Practically, though, the program is a lot of heartburn.

Terms of the permit issued by Wildlife Conservation are particular, covering pen specifications, observation and reporting expectations, limits on human interactions, requirements for post-release monitoring, and so on.

Olson says the terms of the permit at first, in 2010, were too strict for federation to comply with. Protocols were loosened in 2011 and the moose federation began rearing calves on its own, at a facility in Point MacKenzie.

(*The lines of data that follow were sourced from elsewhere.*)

//! Parsing a prefix of a text.
ghost use Rattle.std.specs.Prelude.{◌≡◌, ◌≤◌, ◌<◌, IfErr, IfOk, true};
ghost use Rattle.rap_events.specs.Cover.{covers};
ghost use Rattle.rap_events.specs.Forest.{used};
ghost use Rattle.rap_lexed.specs.Input.{records};
ghost use Rattle.rap_c.specs.Output.{IsOutput};
ghost use Rattle.rap_c.specs.Prefix.{ComesOfFront, ComesOfPrefix, IsFilledPrefix, IsPrefix};
ghost use Rattle.rap_c.specs.Given.{IsRefusal, IsUntouched};
ghost use Rattle.rap_base.specs.Limits.{max_tokens};

use crate::answer::{Fault, NO_TREE, OK, RapAnswer, settle};
use crate::filler::Filler;
use crate::numbers::{edition_of, prefix_entry_of};
use crate::reading::{read, text_of};
use crate::step::RapStep;
use ra_ap_parser::{Edition, LexedStr, Output, ParseFault, PrefixEntryPoint, is_one_tree};
use rap_lexed::used::used_bytes;
use std::alloc::Global;

/// Fills the room with the steps of the tree that the output is, trivia put back, or with the output's own steps where
/// it is no tree.
pub fn fill_output(
    lexed: &LexedStr<'_>,
    output: &Output,
    steps: &mut [RapStep],
    messages: &mut [u8],
) -> RapAnswer
    requires prefix { (edition : Edition) × (covers (records lexed.now.tokens edition) output.now ≡ true) }
    requires few { used output.now ≤ max_tokens }
    ensures { IsOutput lexed.now.tokens output.now steps.old steps.new messages.old messages.new result }
{
    let used = used_bytes(lexed, output);
    let mut filler = Filler::new(steps, messages);
    if is_one_tree(output) {
        match lexed.intersperse_trivia(output, &mut filler) {
            Ok(_whole) => filler.answer(OK, used),
            Err(never) => match never {},
        }
    } else {
        filler.add_output(output);
        filler.answer(NO_TREE, used)
    }
}

/// Parses a prefix of the text, and fills the room with it.
fn fill_prefix(
    alloc: Global,
    edition: Edition,
    entry: PrefixEntryPoint,
    text: &str,
    steps: &mut [RapStep],
    messages: &mut [u8],
) -> Result<RapAnswer, Fault>
    ensures filled { IfOk result (IsFilledPrefix text.now edition entry steps.old steps.new messages.old messages.new) }
    ensures fault { IfErr result (ComesOfFront text.now edition) }
    ensures untouched { IfErr result (λ _. IsUntouched steps.old steps.new messages.old messages.new) }
{
    let reading = read(alloc, edition, text)?;
    match entry.parse(alloc, &reading.input) {
        Ok(output) => Ok(fill_output(&reading.lexed, &output, steps, messages)),
        Err(ParseFault::TooManyTokens) => Err(Fault::TooManyTokens),
        Err(ParseFault::NoMemory) => Err(Fault::NoMemory),
    }
}

/// Reads the numbers and the bytes, and fills the room.
fn prefix(
    alloc: Global,
    text: &[u8],
    edition: u32,
    entry: u32,
    steps: &mut [RapStep],
    messages: &mut [u8],
) -> Result<RapAnswer, Fault>
    ensures filled { IfOk result (IsPrefix text.now edition entry steps.old steps.new messages.old messages.new) }
    ensures fault { IfErr result (ComesOfPrefix text.now edition entry) }
    ensures untouched { IfErr result (λ _. IsUntouched steps.old steps.new messages.old messages.new) }
{
    let edition = edition_of(edition)?;
    let entry = prefix_entry_of(entry)?;
    let text = text_of(text)?;
    fill_prefix(alloc, edition, entry, text, steps, messages)
}

/// Parses a prefix of the text from the prefix entry with this number, and fills the slices with the steps of
/// its tree, trivia put back, and with the bytes of its messages. Where it is not one tree the status is 1, and the
/// steps are those of the output, which count tokens. Returns how many of each there are, and where what was
/// read ends.
#[unsafe(no_mangle)]
pub extern "C" fn rap_prefix(
    alloc: Global,
    text: &[u8],
    edition: u32,
    entry: u32,
    steps: &mut [RapStep],
    messages: &mut [u8],
) -> RapAnswer
    ensures prefix { result.status ≤ 1 → IsPrefix text.now edition entry steps.old steps.new messages.old messages.new result }
    ensures refused { 1 < result.status → IsRefusal (ComesOfPrefix text.now edition entry) result × IsUntouched steps.old steps.new messages.old messages.new }
{
    settle(prefix(alloc, text, edition, entry, steps, messages))
}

In 2012, the federation moved to a new facility in Willow.

Calves come from all over, especially heavily populated areas.

A tricky capture

Mike Niemann began as a volunteer driver with the moose federation in 2011, eventually moving to a staff position as volunteer coordinator and project manager. He's also a Hells Angel and says he has had at least three close calls with moose on his motorcycle. But even big, burly Wild Mike, as he's called, with feral-looking hair and beard befitting that moniker, has a soft spot for moose.

"Yeah, I call them my babies. I called one of them Wild Mike," he said of a calf he helped rescue.

In June 2013, a moose federation salvage truck was called to remove a cow that had been hit and killed on Glenn Highway near the Old Glenn north of Anchorage. The cow was clearly still lactating, so the drivers searched for calves in the area.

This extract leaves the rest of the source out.